Instructions to follow ::
Set down, exactly as written, every line from the top of the records below to the line containing "let opened = week.opened();", both ends included, and no others.
[[ Given entries, beginning ]]
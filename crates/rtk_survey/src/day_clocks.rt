//! The 1012 of a station beside its MSM of GLONASS, which are of one clock.
//!
//! A 1012 tells no day, so it has its day by an epoch, an MSM or a 1012 before it, or by an epoch or an MSM right behind it.

ghost use Rattle.std.specs.Prelude.{◌≡◌};
ghost use Rattle.rtk_survey.specs.DayClocks as spec;

use crate::clock_marks::{ClockMarks, opened_moment};
use crate::clock_spans::{
    ClockSpan, FollowedClock, FollowedSpan, are_dates_if_any, clock_begun, clock_moment,
    clock_with, is_new_mark, last_mark_of, moment_or, opened_if_any, span_at, with_moment_near,
};
use rtk_obs::{GpsMs, WEEK_MS};

// ---- behind MSM of GLONASS

// The moment near which a message behind the last MSM of GLONASS is dated.
fn week_base(marks: &Option<ClockMarks>, week: &ClockSpan) -> GpsMs
    ensures { result ≡ spec.week_base marks.now week.now }
{
    let opened = week.opened();
    let anchored = opened.anchored_if_any(FollowedClock::GlonassWeek, marks);
    anchored.base(marks)
}

// The first 1012, near this moment, of which an MSM told the day.
fn day_begun_near(marks: &Option<ClockMarks>, near: GpsMs, time: u32) -> FollowedSpan
    ensures { result ≡ spec.day_begun_near marks.now near time }
{
    let ms = clock_moment(FollowedClock::GlonassDay, near, time);
    FollowedSpan {
        span: span_at(moment_or(ms, near)),
        mark: last_mark_of(marks),
        by_dates: are_dates_if_any(marks),
        beside: None,
        has_day: true,
    }
}

fn day_begun(marks: &Option<ClockMarks>, week: &Option<ClockSpan>, time: u32) -> FollowedSpan
    ensures { result ≡ spec.day_begun marks.now week.now time }
{
    match week {
        Some(week) => day_begun_near(marks, week_base(marks, week), time),
        None => clock_begun(FollowedClock::GlonassDay, marks, time),
    }
}

/// A 1012 more, behind these MSM.
pub(crate) fn day_followed(
    marks: &Option<ClockMarks>,
    week: &Option<ClockSpan>,
    known: &Option<ClockSpan>,
    time: u32,
) -> ClockSpan
    ensures { result ≡ spec.day_followed marks.now week.now known.now time }
{
    match known {
        Some(known) => clock_with(FollowedClock::GlonassDay, marks, known, time).kept(),
        None => day_begun(marks, week, time).kept(),
    }
}

// 1012 that neither an epoch, nor a date, nor an MSM dates: the last of them near the first MSM.
fn day_told_at(marks: &Option<ClockMarks>, msm: GpsMs, known: &FollowedSpan) -> FollowedSpan
    ensures { result ≡ spec.day_told_at marks.now msm known.now }
{
    match marks {
        None if !known.has_day => known.moved_near(FollowedClock::GlonassDay, msm, false),
        _ => *known,
    }
}

// 1012 before an MSM, which is the last message now, and tells their day.
fn day_beside(marks: &Option<ClockMarks>, msm: GpsMs, known: &FollowedSpan) -> FollowedSpan
    ensures { result ≡ spec.day_beside marks.now msm known.now }
{
    let told = day_told_at(marks, msm, known);
    FollowedSpan {
        span: told.span,
        mark: last_mark_of(marks),
        by_dates: are_dates_if_any(marks),
        beside: Some(msm),
        has_day: true,
    }
}

fn day_with_msm(marks: &Option<ClockMarks>, week: &ClockSpan, known: &ClockSpan) -> FollowedSpan
    ensures { result ≡ spec.day_with_msm marks.now week.now known.now }
{
    let opened = known.opened();
    let anchored = opened.anchored_if_any(FollowedClock::GlonassDay, marks);
    day_beside(marks, opened_moment(week.last), &anchored)
}

/// The 1012 after an MSM more, which are the last of these.
pub(crate) fn day_after_msm(
    marks: &Option<ClockMarks>,
    week: &ClockSpan,
    known: &Option<ClockSpan>,
) -> Option<ClockSpan>
    ensures { result ≡ spec.day_after_msm marks.now week.now known.now }
{
    match known {
        Some(known) => Some(day_with_msm(marks, week, known).kept()),
        None => None,
    }
}

// ---- before an epoch or an MSM

// How far two moments are apart.
fn apart_by(one: u64, other: u64) -> u64
    ensures { result ≡ spec.apart_by one other }
{
    if one < other {
        other - one
    } else {
        one - other
    }
}

fn mark_if_new(before: Option<GpsMs>, mark: Option<GpsMs>, other: GpsMs) -> GpsMs
    ensures { result ≡ spec.mark_if_new before mark other }
{
    match mark {
        Some(mark) if is_new_mark(before, mark) => mark,
        _ => other,
    }
}

// What dates the last 1012, behind those before it.
fn base_of_last(before: &FollowedSpan, known: &FollowedSpan) -> GpsMs
    ensures { result ≡ spec.base_of_last before.now known.now }
{
    mark_if_new(before.mark, known.mark, before.last_message())
}

// The last 1012 near another moment.
fn last_near(near: GpsMs, known: &FollowedSpan) -> u64
    ensures { result ≡ spec.last_near near known.now }
{
    let time = (known.span.last.ms() % WEEK_MS) as u32;
    clock_moment(FollowedClock::GlonassDay, near, time)
}

// 1012, of which the last one is at this moment, behind those before it.
fn with_last_at(ms: u64, before: &FollowedSpan, known: &FollowedSpan) -> FollowedSpan
    ensures { result ≡ spec.with_last_at ms before.now known.now }
{
    FollowedSpan {
        span: with_moment_near(&before.span, ms),
        mark: known.mark,
        by_dates: known.by_dates,
        beside: None,
        has_day: known.has_day,
    }
}

// Does the last 1012 seem to come before what dates it, by more than it is from a moment behind it in the time of day?
fn is_early(near: GpsMs, base: GpsMs, known: &FollowedSpan) -> bool
    ensures { result ≡ spec.is_early near base known.now }
{
    let last = known.span.last.ms();
    apart_by(near.ms(), last_near(near, known)) < base.ms().saturating_sub(last)
}

// The last 1012 near such a moment behind it.
fn last_redated(near: GpsMs, before: &FollowedSpan, known: &FollowedSpan) -> FollowedSpan
    ensures { result ≡ spec.last_redated near before.now known.now }
{
    if is_early(near, base_of_last(before, known), known) {
        with_last_at(last_near(near, known), before, known)
    } else {
        *known
    }
}

// Do moments stand beside these epochs or dates, or if none came beside MSM of GLONASS?
fn is_marked_so(marks: &Option<ClockMarks>, known: &FollowedSpan) -> bool
    ensures { result ≡ spec.is_marked_so marks.now known.now }
{
    match marks {
        Some(marks) => known.is_marked_by(marks),
        None => known.has_day,
    }
}

// Are all of them followed, and do they stand beside the same as what comes behind them?
fn can_redate(marks: &Option<ClockMarks>, known: &FollowedSpan) -> bool
    ensures { result ≡ spec.can_redate marks.now known.now }
{
    is_marked_so(marks, known) && !known.span.is_wide
}

fn redated_span(
    marks: &Option<ClockMarks>,
    near: GpsMs,
    before: &ClockSpan,
    known: &ClockSpan,
) -> ClockSpan
    ensures { result ≡ spec.redated_span marks.now near before.now known.now }
{
    let opened = known.opened();
    if can_redate(marks, &opened) {
        last_redated(near, &before.opened(), &opened).kept()
    } else {
        *known
    }
}

// 1012 with those before the last one, before a message at this moment.
fn redated_near(
    marks: &Option<ClockMarks>,
    near: GpsMs,
    before: &Option<ClockSpan>,
    known: &ClockSpan,
) -> ClockSpan
    ensures { result ≡ spec.redated_near marks.now near before.now known.now }
{
    match before {
        Some(before) => redated_span(marks, near, before, known),
        None => *known,
    }
}

/// 1012, if there are some, with those before the last one, before a message at this moment.
pub(crate) fn redated_near_if_any(
    marks: &Option<ClockMarks>,
    near: GpsMs,
    before: &Option<ClockSpan>,
    known: &Option<ClockSpan>,
) -> Option<ClockSpan>
    ensures { result ≡ spec.redated_near_if_any marks.now near before.now known.now }
{
    match known {
        Some(known) => Some(redated_near(marks, near, before, known)),
        None => None,
    }
}

// 1012 with those before the last one, before the last epoch or date if it came behind them.
fn redated_by_mark(
    marks: &Option<ClockMarks>,
    before: &Option<ClockSpan>,
    known: &ClockSpan,
) -> ClockSpan
    ensures { result ≡ spec.redated_by_mark marks.now before.now known.now }
{
    match marks {
        Some(last) if is_new_mark(opened_if_any(known.mark), last.last) => {
            redated_near(marks, last.last, before, known)
        }
        _ => *known,
    }
}

// The 1012 so far, beside these epochs or dates.
fn day_beside_marks(
    marks: &Option<ClockMarks>,
    before: &Option<ClockSpan>,
    known: &ClockSpan,
) -> ClockSpan
    ensures { result ≡ spec.day_beside_marks marks.now before.now known.now }
{
    let opened = redated_by_mark(marks, before, known).opened();
    opened
        .anchored_if_any(FollowedClock::GlonassDay, marks)
        .kept()
}

/// The 1012 so far, if there are some, beside these epochs or dates.
pub(crate) fn day_so_far(
    marks: &Option<ClockMarks>,
    before: &Option<ClockSpan>,
    known: &Option<ClockSpan>,
) -> Option<ClockSpan>
    ensures { result ≡ spec.day_so_far marks.now before.now known.now }
{
    match known {
        Some(known) => Some(day_beside_marks(marks, before, known)),
        None => None,
    }
}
[[ Given entries, end ]]
Response box ::
filename crates/rtk_survey/src/day_clocks.rt
//! The 1012 of a station beside its MSM of GLONASS, which are of one clock.
//!
//! A 1012 tells no day, so it has its day by an epoch, an MSM or a 1012 before it, or by an epoch or an MSM right behind it.

ghost use Rattle.std.specs.Prelude.{◌≡◌};
ghost use Rattle.rtk_survey.specs.DayClocks as spec;

use crate::clock_marks::{ClockMarks, opened_moment};
use crate::clock_spans::{
    ClockSpan, FollowedClock, FollowedSpan, are_dates_if_any, clock_begun, clock_moment,
    clock_with, is_new_mark, last_mark_of, moment_or, opened_if_any, span_at, with_moment_near,
};
use rtk_obs::{GpsMs, WEEK_MS};

// ---- behind MSM of GLONASS

// The moment near which a message behind the last MSM of GLONASS is dated.
fn week_base(marks: &Option<ClockMarks>, week: &ClockSpan) -> GpsMs
    ensures { result ≡ spec.week_base marks.now week.now }
{
    let opened = week.opened();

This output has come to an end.